Find every line in the records below that contains "emitted", and copy it.

(Collected data entries)
····················

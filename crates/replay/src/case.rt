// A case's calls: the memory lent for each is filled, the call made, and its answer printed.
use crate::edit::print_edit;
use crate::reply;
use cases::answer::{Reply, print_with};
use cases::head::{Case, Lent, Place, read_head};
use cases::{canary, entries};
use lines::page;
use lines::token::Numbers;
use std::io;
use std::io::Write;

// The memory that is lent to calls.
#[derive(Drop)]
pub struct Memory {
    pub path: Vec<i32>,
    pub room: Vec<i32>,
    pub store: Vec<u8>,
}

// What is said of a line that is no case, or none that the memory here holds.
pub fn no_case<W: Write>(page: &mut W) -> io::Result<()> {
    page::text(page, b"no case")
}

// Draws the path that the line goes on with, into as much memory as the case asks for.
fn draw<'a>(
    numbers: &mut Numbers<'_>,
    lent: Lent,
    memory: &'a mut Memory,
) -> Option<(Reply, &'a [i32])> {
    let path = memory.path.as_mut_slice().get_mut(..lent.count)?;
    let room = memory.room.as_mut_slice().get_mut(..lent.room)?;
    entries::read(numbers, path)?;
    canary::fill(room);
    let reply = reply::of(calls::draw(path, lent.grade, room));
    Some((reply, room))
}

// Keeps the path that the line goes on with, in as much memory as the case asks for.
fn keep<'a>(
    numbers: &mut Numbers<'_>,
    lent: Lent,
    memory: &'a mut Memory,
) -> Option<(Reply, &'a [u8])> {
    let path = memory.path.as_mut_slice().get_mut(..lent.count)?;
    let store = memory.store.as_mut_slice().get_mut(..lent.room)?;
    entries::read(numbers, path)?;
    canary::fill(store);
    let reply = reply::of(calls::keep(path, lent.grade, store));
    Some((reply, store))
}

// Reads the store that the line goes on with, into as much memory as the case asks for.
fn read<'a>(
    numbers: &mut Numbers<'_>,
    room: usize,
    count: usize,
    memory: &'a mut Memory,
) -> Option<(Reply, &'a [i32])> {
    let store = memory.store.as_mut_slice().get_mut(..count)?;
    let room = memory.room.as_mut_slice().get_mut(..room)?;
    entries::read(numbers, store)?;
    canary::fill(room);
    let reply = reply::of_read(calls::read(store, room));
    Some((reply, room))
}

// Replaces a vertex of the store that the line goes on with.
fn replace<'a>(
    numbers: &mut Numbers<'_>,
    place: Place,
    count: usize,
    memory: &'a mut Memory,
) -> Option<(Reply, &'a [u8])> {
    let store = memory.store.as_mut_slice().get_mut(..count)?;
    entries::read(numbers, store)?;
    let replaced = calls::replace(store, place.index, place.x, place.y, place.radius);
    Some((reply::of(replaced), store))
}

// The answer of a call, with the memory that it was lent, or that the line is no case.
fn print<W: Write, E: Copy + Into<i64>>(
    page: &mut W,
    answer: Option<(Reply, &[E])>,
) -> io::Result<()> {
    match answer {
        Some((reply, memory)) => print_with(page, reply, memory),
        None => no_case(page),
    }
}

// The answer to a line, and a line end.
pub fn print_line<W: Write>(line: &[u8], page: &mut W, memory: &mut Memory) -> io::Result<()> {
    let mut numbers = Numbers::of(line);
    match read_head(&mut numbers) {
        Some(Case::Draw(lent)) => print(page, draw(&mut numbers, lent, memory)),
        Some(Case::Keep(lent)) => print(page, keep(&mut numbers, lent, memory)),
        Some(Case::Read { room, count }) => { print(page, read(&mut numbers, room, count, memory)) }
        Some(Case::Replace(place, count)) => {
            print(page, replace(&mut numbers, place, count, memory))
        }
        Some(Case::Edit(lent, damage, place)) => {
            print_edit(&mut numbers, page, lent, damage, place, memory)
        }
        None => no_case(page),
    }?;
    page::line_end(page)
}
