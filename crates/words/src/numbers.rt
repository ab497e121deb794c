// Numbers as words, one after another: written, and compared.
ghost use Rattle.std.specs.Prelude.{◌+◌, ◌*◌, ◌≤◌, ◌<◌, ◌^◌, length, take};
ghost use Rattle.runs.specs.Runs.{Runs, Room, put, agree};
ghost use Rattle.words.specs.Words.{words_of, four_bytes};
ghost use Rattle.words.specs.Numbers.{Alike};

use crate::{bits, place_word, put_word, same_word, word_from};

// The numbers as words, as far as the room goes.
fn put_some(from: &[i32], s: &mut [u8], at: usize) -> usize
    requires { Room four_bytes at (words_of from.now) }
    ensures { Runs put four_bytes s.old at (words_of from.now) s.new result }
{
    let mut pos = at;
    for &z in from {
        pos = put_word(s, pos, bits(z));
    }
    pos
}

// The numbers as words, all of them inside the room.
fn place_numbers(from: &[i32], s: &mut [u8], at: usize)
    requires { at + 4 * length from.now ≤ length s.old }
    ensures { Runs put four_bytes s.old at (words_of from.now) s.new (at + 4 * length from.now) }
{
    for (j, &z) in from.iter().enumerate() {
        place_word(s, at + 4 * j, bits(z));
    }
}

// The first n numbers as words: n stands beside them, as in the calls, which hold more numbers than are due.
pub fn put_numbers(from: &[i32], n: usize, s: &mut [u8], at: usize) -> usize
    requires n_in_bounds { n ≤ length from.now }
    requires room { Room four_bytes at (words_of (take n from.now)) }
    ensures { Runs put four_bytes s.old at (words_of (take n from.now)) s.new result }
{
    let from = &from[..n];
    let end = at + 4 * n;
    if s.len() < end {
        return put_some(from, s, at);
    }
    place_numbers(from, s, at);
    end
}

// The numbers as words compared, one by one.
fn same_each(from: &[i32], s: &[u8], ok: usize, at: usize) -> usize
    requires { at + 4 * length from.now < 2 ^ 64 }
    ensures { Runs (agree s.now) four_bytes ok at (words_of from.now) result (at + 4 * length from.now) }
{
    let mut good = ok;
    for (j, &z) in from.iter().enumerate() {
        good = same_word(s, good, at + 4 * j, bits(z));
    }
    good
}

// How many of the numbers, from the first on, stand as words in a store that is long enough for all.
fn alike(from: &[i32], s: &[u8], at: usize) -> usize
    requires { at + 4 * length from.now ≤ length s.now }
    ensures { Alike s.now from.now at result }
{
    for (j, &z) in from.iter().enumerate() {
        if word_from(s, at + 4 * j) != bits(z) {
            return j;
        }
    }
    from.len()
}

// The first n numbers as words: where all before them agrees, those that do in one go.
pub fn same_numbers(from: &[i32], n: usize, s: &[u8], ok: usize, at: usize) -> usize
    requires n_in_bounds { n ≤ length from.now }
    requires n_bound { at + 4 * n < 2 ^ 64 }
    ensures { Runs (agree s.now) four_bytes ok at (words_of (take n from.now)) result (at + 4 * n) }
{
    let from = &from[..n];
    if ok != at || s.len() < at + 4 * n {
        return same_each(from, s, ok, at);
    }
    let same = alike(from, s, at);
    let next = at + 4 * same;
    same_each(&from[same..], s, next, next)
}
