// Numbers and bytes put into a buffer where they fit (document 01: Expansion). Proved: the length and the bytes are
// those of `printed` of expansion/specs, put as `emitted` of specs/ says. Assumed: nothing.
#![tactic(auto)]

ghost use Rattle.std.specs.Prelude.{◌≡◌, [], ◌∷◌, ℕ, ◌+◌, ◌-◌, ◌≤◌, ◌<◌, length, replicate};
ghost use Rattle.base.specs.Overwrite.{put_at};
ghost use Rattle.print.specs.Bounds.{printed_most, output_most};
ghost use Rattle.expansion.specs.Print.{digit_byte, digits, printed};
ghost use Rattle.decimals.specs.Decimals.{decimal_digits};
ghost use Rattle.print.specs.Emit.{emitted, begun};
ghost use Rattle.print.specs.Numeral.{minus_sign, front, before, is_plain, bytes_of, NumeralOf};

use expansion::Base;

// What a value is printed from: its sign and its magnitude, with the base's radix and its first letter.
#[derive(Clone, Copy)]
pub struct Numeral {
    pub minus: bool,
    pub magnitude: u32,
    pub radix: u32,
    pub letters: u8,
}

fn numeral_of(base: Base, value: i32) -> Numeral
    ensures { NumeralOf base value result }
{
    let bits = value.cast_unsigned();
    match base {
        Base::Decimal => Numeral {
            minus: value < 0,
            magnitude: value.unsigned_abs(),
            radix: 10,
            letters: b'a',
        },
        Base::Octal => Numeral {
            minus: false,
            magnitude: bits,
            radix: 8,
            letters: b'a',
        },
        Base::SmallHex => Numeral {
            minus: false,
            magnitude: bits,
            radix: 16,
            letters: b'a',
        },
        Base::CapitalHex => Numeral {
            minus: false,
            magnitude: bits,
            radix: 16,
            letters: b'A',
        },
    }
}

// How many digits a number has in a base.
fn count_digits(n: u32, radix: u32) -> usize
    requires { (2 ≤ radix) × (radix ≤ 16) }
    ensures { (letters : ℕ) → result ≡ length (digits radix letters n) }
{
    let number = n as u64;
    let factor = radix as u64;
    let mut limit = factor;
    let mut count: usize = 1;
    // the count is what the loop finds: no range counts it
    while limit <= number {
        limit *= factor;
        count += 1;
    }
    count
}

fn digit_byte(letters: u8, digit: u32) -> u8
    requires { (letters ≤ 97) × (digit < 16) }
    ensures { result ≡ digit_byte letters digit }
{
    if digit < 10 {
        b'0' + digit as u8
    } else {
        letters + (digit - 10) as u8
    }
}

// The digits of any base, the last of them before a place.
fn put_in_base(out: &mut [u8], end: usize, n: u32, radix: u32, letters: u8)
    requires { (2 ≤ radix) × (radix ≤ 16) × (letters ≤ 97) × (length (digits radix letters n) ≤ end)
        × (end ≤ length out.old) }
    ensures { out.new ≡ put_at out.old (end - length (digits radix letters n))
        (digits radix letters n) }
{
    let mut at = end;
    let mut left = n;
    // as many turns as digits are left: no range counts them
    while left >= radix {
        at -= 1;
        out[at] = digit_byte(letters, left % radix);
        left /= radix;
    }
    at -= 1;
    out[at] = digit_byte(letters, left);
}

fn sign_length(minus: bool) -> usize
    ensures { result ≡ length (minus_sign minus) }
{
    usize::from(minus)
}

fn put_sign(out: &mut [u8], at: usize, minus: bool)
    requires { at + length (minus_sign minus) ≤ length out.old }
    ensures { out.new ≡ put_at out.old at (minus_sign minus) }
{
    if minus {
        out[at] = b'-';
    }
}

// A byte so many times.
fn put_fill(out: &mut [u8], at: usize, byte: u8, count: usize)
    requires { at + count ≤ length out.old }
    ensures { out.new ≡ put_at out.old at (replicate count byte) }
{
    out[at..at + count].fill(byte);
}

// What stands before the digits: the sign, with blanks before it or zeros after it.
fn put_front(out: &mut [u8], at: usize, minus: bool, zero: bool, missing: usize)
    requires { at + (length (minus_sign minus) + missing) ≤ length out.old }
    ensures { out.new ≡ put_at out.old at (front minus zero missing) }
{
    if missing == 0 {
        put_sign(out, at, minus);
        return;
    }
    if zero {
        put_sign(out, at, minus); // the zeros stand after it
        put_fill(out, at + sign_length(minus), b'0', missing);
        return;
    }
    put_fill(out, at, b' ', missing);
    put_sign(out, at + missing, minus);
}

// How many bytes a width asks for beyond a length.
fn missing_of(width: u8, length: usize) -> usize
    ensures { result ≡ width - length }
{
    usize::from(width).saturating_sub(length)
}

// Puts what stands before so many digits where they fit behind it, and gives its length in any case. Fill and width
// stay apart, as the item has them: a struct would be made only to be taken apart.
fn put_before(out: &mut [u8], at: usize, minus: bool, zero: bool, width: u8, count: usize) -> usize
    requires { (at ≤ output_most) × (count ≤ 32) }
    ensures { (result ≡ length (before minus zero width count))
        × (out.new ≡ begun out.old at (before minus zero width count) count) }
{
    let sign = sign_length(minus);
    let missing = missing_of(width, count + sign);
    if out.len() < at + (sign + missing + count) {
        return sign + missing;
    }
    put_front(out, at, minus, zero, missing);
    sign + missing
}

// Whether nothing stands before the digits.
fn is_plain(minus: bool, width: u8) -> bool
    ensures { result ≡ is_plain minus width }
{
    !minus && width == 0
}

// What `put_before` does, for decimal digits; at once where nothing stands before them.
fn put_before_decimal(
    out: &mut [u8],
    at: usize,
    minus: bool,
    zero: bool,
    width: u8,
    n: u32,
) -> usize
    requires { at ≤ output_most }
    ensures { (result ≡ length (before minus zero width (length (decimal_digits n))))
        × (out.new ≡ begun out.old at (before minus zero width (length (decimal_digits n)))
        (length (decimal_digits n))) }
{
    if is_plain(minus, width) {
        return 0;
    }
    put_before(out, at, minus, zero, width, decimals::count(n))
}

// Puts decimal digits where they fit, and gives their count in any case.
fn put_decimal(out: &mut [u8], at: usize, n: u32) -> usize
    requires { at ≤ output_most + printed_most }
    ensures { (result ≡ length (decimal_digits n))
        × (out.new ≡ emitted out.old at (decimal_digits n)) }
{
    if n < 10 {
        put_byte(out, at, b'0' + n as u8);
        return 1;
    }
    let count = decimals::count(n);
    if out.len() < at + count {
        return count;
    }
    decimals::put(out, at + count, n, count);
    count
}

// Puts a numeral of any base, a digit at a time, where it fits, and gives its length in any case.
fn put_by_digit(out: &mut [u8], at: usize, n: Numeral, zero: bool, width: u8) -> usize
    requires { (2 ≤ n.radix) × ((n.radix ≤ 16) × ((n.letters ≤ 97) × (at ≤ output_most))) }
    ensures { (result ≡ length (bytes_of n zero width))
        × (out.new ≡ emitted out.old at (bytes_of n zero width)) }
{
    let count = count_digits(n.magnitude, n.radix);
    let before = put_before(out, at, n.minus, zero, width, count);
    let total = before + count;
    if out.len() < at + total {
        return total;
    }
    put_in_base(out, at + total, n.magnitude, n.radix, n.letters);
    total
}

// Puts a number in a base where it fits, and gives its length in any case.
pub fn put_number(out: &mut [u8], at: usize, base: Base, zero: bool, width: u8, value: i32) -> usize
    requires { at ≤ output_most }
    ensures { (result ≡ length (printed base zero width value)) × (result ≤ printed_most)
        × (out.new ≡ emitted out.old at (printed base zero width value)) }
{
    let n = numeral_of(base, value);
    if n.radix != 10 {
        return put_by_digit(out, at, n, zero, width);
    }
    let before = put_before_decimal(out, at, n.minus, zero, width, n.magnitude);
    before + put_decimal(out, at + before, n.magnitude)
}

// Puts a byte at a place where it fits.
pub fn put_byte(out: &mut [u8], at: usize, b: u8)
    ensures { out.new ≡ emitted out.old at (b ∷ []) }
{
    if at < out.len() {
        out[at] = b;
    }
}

····················

> [COMPLETED TASK]:
// those of `printed` of expansion/specs, put as `emitted` of specs/ says. Assumed: nothing.
ghost use Rattle.print.specs.Emit.{emitted, begun};
        × (out.new ≡ emitted out.old at (decimal_digits n)) }
        × (out.new ≡ emitted out.old at (bytes_of n zero width)) }
        × (out.new ≡ emitted out.old at (printed base zero width value)) }
    ensures { out.new ≡ emitted out.old at (b ∷ []) }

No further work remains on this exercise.